● **Assigned task**
Return all lines from the listing below that include the word "struct".

● **The data**
• • • •

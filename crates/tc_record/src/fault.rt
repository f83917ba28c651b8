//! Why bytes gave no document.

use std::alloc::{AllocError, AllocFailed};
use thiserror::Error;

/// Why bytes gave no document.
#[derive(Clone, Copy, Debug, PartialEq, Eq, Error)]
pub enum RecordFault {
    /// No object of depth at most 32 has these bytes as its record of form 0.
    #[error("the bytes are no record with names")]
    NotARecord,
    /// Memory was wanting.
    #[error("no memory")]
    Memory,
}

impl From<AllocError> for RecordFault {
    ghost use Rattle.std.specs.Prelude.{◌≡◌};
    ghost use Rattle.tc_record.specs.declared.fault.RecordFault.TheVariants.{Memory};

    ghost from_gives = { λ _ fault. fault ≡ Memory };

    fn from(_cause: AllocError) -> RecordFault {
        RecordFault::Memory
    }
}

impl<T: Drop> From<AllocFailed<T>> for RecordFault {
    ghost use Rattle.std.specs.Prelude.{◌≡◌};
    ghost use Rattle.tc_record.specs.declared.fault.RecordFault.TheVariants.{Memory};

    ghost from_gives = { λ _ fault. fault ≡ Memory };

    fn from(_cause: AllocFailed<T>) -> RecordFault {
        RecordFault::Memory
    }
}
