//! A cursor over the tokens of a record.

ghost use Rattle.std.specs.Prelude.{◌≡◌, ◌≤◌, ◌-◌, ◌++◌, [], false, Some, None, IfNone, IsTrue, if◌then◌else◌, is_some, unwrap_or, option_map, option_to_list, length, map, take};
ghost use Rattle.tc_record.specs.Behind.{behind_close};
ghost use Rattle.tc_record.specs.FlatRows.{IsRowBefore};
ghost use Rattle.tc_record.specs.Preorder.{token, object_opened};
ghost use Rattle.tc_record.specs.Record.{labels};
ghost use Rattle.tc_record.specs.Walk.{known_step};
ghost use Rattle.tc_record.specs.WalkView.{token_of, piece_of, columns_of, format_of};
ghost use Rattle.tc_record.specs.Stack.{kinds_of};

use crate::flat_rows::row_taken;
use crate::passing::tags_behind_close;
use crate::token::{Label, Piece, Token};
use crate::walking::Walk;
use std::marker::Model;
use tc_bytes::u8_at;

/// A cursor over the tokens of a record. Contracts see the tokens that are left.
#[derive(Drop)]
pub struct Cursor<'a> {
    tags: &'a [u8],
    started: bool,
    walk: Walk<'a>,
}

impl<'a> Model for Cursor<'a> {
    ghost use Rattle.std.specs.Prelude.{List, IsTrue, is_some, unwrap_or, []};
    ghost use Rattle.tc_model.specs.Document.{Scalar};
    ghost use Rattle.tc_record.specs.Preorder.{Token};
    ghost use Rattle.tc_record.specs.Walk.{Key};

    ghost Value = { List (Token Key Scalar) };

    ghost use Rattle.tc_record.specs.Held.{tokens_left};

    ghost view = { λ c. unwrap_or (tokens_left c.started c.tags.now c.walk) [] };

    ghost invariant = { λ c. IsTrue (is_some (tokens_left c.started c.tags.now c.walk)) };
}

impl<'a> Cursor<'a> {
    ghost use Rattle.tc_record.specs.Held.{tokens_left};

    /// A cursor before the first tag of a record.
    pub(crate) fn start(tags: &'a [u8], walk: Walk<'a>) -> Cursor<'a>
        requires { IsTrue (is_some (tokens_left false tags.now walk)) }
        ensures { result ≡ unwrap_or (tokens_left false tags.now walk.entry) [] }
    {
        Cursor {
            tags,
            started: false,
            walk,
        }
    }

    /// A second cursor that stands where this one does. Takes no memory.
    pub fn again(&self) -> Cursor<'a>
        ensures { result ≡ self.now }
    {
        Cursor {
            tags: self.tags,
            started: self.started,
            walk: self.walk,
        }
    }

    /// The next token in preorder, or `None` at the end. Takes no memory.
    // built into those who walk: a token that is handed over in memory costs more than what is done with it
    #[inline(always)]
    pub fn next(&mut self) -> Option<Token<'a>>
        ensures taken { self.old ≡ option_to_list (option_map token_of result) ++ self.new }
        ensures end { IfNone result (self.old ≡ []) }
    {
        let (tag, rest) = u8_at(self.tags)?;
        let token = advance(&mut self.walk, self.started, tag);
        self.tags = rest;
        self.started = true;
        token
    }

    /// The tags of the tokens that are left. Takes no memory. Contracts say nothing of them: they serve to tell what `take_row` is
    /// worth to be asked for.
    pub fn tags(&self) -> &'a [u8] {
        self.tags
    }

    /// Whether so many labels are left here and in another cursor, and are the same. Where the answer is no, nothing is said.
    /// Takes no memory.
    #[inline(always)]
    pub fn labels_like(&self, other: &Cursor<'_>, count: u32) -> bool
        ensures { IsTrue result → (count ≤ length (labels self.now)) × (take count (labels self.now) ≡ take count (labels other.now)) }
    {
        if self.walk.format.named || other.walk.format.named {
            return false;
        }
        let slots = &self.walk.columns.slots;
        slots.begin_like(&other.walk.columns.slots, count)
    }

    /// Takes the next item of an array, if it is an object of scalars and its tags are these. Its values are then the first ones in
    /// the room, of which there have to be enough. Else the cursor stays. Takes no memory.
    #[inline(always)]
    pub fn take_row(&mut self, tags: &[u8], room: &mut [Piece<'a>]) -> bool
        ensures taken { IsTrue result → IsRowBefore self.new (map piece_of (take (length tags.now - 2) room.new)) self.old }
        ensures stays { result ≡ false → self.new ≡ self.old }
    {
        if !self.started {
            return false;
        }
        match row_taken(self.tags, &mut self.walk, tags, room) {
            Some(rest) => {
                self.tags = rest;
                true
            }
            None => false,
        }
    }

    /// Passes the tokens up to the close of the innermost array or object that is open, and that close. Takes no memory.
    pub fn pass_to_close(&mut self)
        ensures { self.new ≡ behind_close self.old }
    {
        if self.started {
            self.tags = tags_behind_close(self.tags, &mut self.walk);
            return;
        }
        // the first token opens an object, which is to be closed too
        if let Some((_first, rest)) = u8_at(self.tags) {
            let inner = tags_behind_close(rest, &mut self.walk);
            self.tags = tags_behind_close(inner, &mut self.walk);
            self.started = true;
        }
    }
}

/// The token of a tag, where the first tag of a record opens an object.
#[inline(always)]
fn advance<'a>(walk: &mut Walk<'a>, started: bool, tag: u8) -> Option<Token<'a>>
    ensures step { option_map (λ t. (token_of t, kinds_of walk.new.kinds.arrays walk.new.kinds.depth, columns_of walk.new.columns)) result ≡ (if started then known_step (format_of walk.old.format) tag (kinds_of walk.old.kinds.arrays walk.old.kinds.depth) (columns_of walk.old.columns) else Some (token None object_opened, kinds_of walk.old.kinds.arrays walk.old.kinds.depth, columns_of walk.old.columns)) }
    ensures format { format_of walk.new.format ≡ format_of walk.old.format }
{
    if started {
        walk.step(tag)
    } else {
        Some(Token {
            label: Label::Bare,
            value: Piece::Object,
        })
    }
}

• • • •

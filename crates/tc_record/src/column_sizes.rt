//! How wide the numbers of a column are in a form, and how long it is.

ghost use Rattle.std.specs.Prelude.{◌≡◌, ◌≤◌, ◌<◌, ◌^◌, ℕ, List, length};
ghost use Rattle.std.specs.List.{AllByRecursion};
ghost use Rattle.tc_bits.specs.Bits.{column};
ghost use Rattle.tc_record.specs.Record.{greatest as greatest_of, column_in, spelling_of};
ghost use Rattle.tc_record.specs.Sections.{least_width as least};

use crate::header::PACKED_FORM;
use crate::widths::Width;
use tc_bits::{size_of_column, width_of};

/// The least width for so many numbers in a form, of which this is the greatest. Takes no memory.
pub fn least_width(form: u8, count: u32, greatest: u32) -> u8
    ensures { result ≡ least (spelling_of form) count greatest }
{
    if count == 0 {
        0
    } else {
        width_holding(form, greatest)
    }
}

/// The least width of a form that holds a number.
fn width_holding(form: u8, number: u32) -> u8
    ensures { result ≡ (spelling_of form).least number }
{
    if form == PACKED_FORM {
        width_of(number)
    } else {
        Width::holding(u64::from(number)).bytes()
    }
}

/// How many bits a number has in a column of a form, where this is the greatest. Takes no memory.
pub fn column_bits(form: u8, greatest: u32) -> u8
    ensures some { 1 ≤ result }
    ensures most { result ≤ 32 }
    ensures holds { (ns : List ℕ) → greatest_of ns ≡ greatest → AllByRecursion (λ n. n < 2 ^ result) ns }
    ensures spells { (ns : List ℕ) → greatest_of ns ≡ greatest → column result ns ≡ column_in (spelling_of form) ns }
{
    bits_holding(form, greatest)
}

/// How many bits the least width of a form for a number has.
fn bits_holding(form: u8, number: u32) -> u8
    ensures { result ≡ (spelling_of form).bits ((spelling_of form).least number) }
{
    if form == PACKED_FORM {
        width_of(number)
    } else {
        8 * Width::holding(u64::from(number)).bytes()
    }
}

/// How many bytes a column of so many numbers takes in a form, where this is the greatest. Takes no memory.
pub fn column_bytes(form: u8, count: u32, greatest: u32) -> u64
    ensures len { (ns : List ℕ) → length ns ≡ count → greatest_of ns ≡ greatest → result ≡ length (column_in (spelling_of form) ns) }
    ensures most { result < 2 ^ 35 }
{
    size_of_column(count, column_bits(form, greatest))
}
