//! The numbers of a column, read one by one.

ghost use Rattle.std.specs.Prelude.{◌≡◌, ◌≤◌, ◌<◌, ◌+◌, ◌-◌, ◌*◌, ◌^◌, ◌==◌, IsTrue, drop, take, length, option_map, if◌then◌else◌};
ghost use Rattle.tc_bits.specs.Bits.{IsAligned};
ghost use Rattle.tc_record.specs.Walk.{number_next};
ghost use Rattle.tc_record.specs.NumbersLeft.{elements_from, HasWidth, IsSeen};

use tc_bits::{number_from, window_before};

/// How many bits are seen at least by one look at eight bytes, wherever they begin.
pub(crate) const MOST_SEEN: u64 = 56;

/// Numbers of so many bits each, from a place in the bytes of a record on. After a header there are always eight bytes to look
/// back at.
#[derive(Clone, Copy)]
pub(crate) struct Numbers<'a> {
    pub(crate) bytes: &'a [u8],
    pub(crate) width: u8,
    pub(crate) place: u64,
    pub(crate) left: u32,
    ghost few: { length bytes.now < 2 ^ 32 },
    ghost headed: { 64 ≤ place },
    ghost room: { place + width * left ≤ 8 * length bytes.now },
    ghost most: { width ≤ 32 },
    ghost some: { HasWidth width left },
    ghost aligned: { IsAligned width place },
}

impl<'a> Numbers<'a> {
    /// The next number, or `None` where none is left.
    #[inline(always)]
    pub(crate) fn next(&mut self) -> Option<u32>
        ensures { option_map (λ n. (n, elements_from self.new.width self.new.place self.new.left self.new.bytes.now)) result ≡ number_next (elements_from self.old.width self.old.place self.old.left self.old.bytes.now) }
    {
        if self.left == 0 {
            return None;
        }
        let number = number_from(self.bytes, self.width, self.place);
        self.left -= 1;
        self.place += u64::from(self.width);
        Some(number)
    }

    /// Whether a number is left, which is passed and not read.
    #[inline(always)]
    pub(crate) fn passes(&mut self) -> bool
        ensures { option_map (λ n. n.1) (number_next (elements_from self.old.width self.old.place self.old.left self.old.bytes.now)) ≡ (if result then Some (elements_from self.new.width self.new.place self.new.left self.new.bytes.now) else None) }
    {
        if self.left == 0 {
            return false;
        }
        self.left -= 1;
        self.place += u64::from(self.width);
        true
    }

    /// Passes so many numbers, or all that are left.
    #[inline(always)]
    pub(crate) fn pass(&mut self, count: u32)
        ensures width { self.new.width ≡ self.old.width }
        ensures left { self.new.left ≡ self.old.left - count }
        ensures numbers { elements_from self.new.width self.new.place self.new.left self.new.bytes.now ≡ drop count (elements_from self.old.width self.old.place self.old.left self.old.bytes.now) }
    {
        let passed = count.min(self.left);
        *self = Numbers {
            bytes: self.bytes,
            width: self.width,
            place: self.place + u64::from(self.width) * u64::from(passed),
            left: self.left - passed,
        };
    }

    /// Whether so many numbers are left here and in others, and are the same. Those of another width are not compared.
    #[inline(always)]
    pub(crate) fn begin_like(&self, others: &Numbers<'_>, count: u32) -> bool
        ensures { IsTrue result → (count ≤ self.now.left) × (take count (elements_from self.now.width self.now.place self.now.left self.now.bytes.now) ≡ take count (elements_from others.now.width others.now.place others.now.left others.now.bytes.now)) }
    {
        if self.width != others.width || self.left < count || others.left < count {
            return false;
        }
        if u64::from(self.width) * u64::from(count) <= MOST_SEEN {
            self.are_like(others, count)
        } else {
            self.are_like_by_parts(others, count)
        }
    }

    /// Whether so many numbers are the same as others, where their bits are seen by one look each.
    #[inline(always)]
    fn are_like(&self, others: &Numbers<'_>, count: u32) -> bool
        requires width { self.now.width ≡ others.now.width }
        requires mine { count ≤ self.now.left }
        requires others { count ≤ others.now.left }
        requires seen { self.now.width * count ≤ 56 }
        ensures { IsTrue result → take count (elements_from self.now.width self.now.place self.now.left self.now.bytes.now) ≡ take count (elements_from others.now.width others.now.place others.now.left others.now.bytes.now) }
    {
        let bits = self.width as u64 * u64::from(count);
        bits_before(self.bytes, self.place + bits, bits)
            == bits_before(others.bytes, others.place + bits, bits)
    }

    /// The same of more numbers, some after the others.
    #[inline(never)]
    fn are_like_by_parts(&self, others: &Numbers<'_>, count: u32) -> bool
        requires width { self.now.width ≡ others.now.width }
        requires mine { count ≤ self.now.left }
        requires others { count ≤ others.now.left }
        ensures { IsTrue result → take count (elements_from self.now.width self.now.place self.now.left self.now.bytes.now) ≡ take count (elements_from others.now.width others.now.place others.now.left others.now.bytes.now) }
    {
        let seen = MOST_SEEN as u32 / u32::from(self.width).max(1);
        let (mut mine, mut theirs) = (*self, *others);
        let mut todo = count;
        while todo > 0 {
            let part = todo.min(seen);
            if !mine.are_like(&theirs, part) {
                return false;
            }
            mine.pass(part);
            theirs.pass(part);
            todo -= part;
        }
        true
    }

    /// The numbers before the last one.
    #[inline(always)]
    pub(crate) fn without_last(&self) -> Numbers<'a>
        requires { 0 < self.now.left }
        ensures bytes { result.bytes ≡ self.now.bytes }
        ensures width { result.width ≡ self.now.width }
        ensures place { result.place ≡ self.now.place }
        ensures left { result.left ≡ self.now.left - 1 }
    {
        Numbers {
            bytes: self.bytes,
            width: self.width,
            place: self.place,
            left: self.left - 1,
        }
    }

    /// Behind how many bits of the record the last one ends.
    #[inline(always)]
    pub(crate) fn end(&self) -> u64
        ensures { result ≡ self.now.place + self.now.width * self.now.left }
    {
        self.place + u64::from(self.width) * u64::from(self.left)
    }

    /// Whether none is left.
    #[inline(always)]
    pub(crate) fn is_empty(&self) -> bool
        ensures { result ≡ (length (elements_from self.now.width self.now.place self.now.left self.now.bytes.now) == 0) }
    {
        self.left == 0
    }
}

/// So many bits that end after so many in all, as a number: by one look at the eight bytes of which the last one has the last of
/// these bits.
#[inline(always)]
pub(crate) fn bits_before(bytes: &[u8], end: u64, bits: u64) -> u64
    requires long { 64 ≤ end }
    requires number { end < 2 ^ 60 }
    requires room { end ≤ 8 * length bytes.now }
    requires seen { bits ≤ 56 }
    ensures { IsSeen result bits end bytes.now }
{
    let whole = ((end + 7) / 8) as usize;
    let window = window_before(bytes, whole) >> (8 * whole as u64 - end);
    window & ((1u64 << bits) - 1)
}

• • • •

● **Answer section**
pub struct Cursor<'a> {
pub(crate) struct Numbers<'a> {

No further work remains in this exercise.